(Beginning of Data supplied)

//! Runs whose folders, files, clock and lines are in memory, so that contracts follow all of them.

use crate::found::{LINES, PLAIN, wanted};
use crate::repositories::{limits_of, made, metadata};
use cycle::{Open, Threading};
use failure::Failure;
use file_tests::{Desk, Kept, Memory};
use meta::Repo;
use std::alloc::Global;
use std::process::Abort;
use system::System;
use update::{Detail, First, Folders, Host, Locking, Settings, Terms, Wanted, Workers};

/// 2026-01-01T00:00:00Z, in seconds since 1970.
const SECONDS: u64 = 1_767_225_600;

/// Returns a folder of these files, whose names may not be changed by a run.
fn folder_of<R: Abort + AllocGlobal>(rt: &R, repo: &Repo, names: [&str; 4]) -> Memory {
    let mut files = Vec::new(rt.alloc());
    for name in names {
        let text = str::from_utf8(metadata(rt, repo, name)).expect(rt, "a text");
        files.push((name, text)).expect(rt, "memory");
    }
    Memory::of(rt.alloc(), files.as_slice(), u64::MAX).expect(rt, "memory")
}

/// Returns the folders of that repository, in memory.
fn folders<R: Abort + AllocGlobal>(rt: &R) -> Folders<Memory, Memory> {
    let repo = made(rt, PLAIN);
    let names = [
        "1.root.json",
        "timestamp.json",
        "snapshot.json",
        "targets.json",
    ];
    let targets = [("a", "a"), ("b", "bb"), ("c", "ccc")];
    Folders {
        metadata: folder_of(rt, &repo, names),
        targets: Memory::of(rt.alloc(), &targets, u64::MAX).expect(rt, "memory"),
    }
}

/// Returns a desk with that first root.
fn desk<R: Abort + AllocGlobal>(rt: &R) -> Desk {
    let repo = made(rt, PLAIN);
    let mut desk = Desk::new(rt.alloc(), Some(SECONDS));
    let root = metadata(rt, &repo, "1.root.json");
    desk.store("root", root).expect(rt, "memory");
    desk
}

/// Returns terms by which the four wanted paths are verified from a locked state.
fn terms<R: Abort + AllocGlobal>(rt: &R, alloc: Global) -> Terms<'static> {
    let mut paths = Vec::new(alloc);
    for path in wanted(rt) {
        paths.push(path).expect(rt, "memory");
    }
    Terms {
        settings: Settings {
            state: "state",
            locking: Locking::Needed,
            moment: None,
            limits: limits_of(rt, 16),
            workers: Workers::new(1).expect(rt, "workers"),
            out: "state",
            detail: Detail::Faults,
        },
        wanted: Wanted::Paths(paths),
    }
}

#[test]
fn a_run_in_memory_stores_state_and_copies(rt: HostRuntime) {
    let alloc = rt.alloc();
    let mut host = Host {
        system: desk(&rt),
        folders: folders(&rt),
        out: Vec::new(alloc),
    };
    let mut first = First {
        root: "root",
        state: "state",
        is_new: true,
    };
    let status = host.init(alloc, &first).expect(&rt, "a state");
    assert!(rt; status == 0 && host.out.as_slice() == b"root 1\n".as_slice());
    assert!(rt; matches!(host.init(alloc, &first), Err(Failure::State)));
    first.is_new = false;
    assert!(rt; host.init(alloc, &first).expect(&rt, "a state") == 0);
    host.out.clear();
    let (mut to, terms) = (Kept::working(), terms(&rt, alloc));
    let threading = Threading {
        rt: &rt,
        watch: &Open,
    };
    let status = host
        .verify_into(&threading, alloc, &terms, &mut to)
        .expect(&rt, "a status");
    assert!(rt; status == 1 && host.out.as_slice() == LINES.as_bytes());
    assert!(rt; host.system.is_locked("state") && to.left() == 0);
    assert!(rt; host.system.is_installed("to/a") && host.system.is_installed("to/b"));
    assert!(rt; !host.system.is_installed("to/c") && !host.system.is_installed("to/d"));
}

(End of Data supplied)

### The problem
Begin with the first line of the data above and, please, print each line exactly until you have printed the line containing "that first root."; print nothing else.

### Output for this task
//! Runs whose folders, files, clock and lines are in memory, so that contracts follow all of them.

use crate::found::{LINES, PLAIN, wanted};
use crate::repositories::{limits_of, made, metadata};
use cycle::{Open, Threading};
use failure::Failure;
use file_tests::{Desk, Kept, Memory};
use meta::Repo;
use std::alloc::Global;
use std::process::Abort;
use system::System;
use update::{Detail, First, Folders, Host, Locking, Settings, Terms, Wanted, Workers};

/// 2026-01-01T00:00:00Z, in seconds since 1970.
const SECONDS: u64 = 1_767_225_600;

/// Returns a folder of these files, whose names may not be changed by a run.
fn folder_of<R: Abort + AllocGlobal>(rt: &R, repo: &Repo, names: [&str; 4]) -> Memory {
    let mut files = Vec::new(rt.alloc());
    for name in names {
        let text = str::from_utf8(metadata(rt, repo, name)).expect(rt, "a text");
        files.push((name, text)).expect(rt, "memory");
    }
    Memory::of(rt.alloc(), files.as_slice(), u64::MAX).expect(rt, "memory")
}

/// Returns the folders of that repository, in memory.
fn folders<R: Abort + AllocGlobal>(rt: &R) -> Folders<Memory, Memory> {
    let repo = made(rt, PLAIN);
    let names = [
        "1.root.json",
        "timestamp.json",
        "snapshot.json",
        "targets.json",
    ];
    let targets = [("a", "a"), ("b", "bb"), ("c", "ccc")];
    Folders {
        metadata: folder_of(rt, &repo, names),
        targets: Memory::of(rt.alloc(), &targets, u64::MAX).expect(rt, "memory"),
    }
}

/// Returns a desk with that first root.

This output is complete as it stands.